2. Walk through each one's prompt + traps. Ask: *"Does this feel like your work? What's missing? What's too easy?"*
3. Iterate until they say "yes, this would tell me something I don't already know."
4. Mark the suite v0.1 in `benchmarks/_profile.md` and stop.
# IF YOU GET STUCK
- Generic answers? Ask for a real document or dataset.

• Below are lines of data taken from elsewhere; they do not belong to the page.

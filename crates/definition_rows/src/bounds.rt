//! The most notes that a lane of given commands makes.

ghost use Rattle.std.specs.Prelude.{◌≡◌, [], ◌∷◌, replicate, true, false};
ghost use Rattle.pool_law.specs.declared.command.Command.TheVariants.{Alloc, Set, Get, Write, Read, Slice, Dup, Release, Forget, Compose, Add, Capacity};
ghost use Rattle.pool_law.specs.Bounds.{most_drained, note_bound};

/// Without composites, a release makes at most six notes and an access one.
pub fn bounds_of_lanes()
    ensures closing { note_bound [] ≡ 40 }
    ensures alloc { note_bound (Alloc 0 8 ∷ []) ≡ 47 }
    ensures capacity { note_bound (Capacity 0 8 ∷ []) ≡ 48 }
    ensures few { note_bound
        (Set 0 0 [] false ∷ Set 0 0 [] true ∷ Write 0 [] ∷ Release 0 ∷ Dup 1 0 ∷ Forget 0
        ∷ Slice 1 0 0 0 false ∷ Slice 1 0 0 0 true ∷ []) ≡ 50 }
    ensures sweeps { most_drained 8191 ≡ 16422 }
    ensures one_more_sweep { most_drained 8192 ≡ 16464 }
{}

/// In a lane that makes a composite, both may go through its parts.
pub fn bounds_of_composites()
    ensures compose { note_bound (Compose 1 (0 ∷ []) ∷ []) ≡ 239 }
    ensures add { note_bound (Add 1 0 ∷ []) ≡ 183 }
    ensures release { note_bound (Release 0 ∷ Compose 1 (0 ∷ []) ∷ []) ≡ 335 }
    ensures access { note_bound (Get 0 0 1 false ∷ Compose 1 (0 ∷ []) ∷ []) ≡ 255 }
    ensures trying { note_bound (Get 0 0 1 true ∷ Compose 1 (0 ∷ []) ∷ []) ≡ 240 }
{}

- User resists the interview? Offer the alternative: "Paste me 3 recent deliverables and 1 recent disappointment, and I'll work backwards into the axes."
- Can't author with confidence? Ask one more question rather than fabricating.
# DONE
When the user is happy, write a short summary to chat:
- N benchmarks authored
- M capability axes covered
- K traps planted across the suite
- Recommended first run: which model × harness combos to test first
Then stop. The benchmark suite is the deliverable. Let the user run it.